EXERCISE: From the entries that follow, extract each line holding the string "Fail".

————

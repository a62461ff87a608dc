//! Each word of arguments that is wrong.

use super::{HANDLE, PLACE};
use crate::tests::arguments::Format::Nfs;
use crate::tests::arguments::{Form, have_forms};
use std::test::Fail;

/// Attributes of which each is set, both times to the client's.
const ATTRIBUTES: [u32; 15] = [1, 0o644, 1, 7, 1, 100, 1, 1, 2, 2, 3, 4, 2, 5, 6];

#[test]
fn words_of_calls_on_a_handle(rt: HostRuntime) -> Result<(), Fail> {
    have_forms(
        &rt,
        &[
            Form(Nfs(1), &HANDLE, &[], &[], &[0], &[]),
            Form(Nfs(4), &HANDLE, &[0x3f], &[], &[0], &[]),
            Form(Nfs(5), &HANDLE, &[], &[], &[0], &[]),
            Form(Nfs(6), &HANDLE, &[1, 2, 3], &[], &[0], &[]),
            Form(
                Nfs(7),
                &HANDLE,
                &[0, 9, 3, 2],
                &[5, 0x6865_6c6c, 0x6f00_0000],
                &[0, 6],
                &[(5, 3)],
            ),
            Form(Nfs(16), &HANDLE, &[3, 4, 1, 2, 4096], &[], &[0], &[]),
            Form(Nfs(17), &HANDLE, &[0, 3, 1, 2, 512, 8192], &[], &[0], &[]),
            Form(Nfs(18), &HANDLE, &[], &[], &[0], &[]),
            Form(Nfs(19), &HANDLE, &[], &[], &[0], &[]),
            Form(Nfs(20), &HANDLE, &[], &[], &[0], &[]),
            Form(Nfs(21), &HANDLE, &[0, 5, 6], &[], &[0], &[]),
        ],
    )
}

#[test]
fn words_of_calls_on_a_name(rt: HostRuntime) -> Result<(), Fail> {
    const NEW_PLACE: [u32; 4] = [4, 0x6566_6768, 1, 0x7800_0000];
    have_forms(
        &rt,
        &[
            Form(Nfs(3), &PLACE, &[], &[], &[0, 2], &[]),
            Form(Nfs(12), &PLACE, &[], &[], &[0, 2], &[]),
            Form(Nfs(13), &PLACE, &[], &[], &[0, 2], &[]),
            Form(Nfs(14), &PLACE, &NEW_PLACE, &[], &[0, 2, 4, 6], &[]),
            Form(Nfs(15), &HANDLE, &PLACE, &[], &[0, 2, 4], &[]),
        ],
    )
}

#[test]
fn words_of_attributes(rt: HostRuntime) -> Result<(), Fail> {
    have_forms(
        &rt,
        &[
            Form(
                Nfs(2),
                &HANDLE,
                &ATTRIBUTES,
                &[1, 8, 9],
                &[0],
                &[(2, 2), (4, 2), (6, 2), (8, 2), (11, 3), (14, 3), (17, 2)],
            ),
            Form(
                Nfs(8),
                &PLACE,
                &[0],
                &ATTRIBUTES,
                &[0, 2],
                &[(4, 3), (5, 2), (7, 2), (9, 2), (11, 2), (14, 3), (17, 3)],
            ),
            Form(
                Nfs(8),
                &PLACE,
                &[1],
                &ATTRIBUTES,
                &[0, 2],
                &[(4, 3), (5, 2), (7, 2), (9, 2), (11, 2), (14, 3), (17, 3)],
            ),
            Form(Nfs(8), &PLACE, &[2, 1, 2], &[], &[0, 2], &[(4, 3)]),
            Form(
                Nfs(9),
                &PLACE,
                &ATTRIBUTES,
                &[],
                &[0, 2],
                &[(4, 2), (6, 2), (8, 2), (10, 2), (13, 3), (16, 3)],
            ),
            Form(
                Nfs(10),
                &PLACE,
                &ATTRIBUTES,
                &[3, 0x612f_6200],
                &[0, 2, 19],
                &[(4, 2), (6, 2), (8, 2), (10, 2), (13, 3), (16, 3)],
            ),
        ],
    )
}

/// A block device, a character device, a socket and a FIFO have attributes, and other types have nothing.
#[test]
fn words_of_mknod(rt: HostRuntime) -> Result<(), Fail> {
    const DEVICE: [u32; 17] = [1, 0o644, 1, 7, 1, 100, 1, 1, 2, 2, 3, 4, 2, 5, 6, 4, 64];
    const CHOICES: [(usize, u32); 7] = [(4, 8), (5, 2), (7, 2), (9, 2), (11, 2), (14, 3), (17, 3)];
    have_forms(
        &rt,
        &[
            Form(Nfs(11), &PLACE, &[3], &DEVICE, &[0, 2], &CHOICES),
            Form(Nfs(11), &PLACE, &[4], &DEVICE, &[0, 2], &CHOICES),
            Form(Nfs(11), &PLACE, &[6], &ATTRIBUTES, &[0, 2], &CHOICES),
            Form(Nfs(11), &PLACE, &[7], &ATTRIBUTES, &[0, 2], &CHOICES),
            Form(Nfs(11), &PLACE, &[1], &[], &[0, 2], &[(4, 8)]),
            Form(Nfs(11), &PLACE, &[2], &[], &[0, 2], &[(4, 8)]),
            Form(Nfs(11), &PLACE, &[5], &[], &[0, 2], &[(4, 8)]),
        ],
    )
}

————

RESULT BELOW:
use std::test::Fail;
fn words_of_calls_on_a_handle(rt: HostRuntime) -> Result<(), Fail> {
fn words_of_calls_on_a_name(rt: HostRuntime) -> Result<(), Fail> {
fn words_of_attributes(rt: HostRuntime) -> Result<(), Fail> {
fn words_of_mknod(rt: HostRuntime) -> Result<(), Fail> {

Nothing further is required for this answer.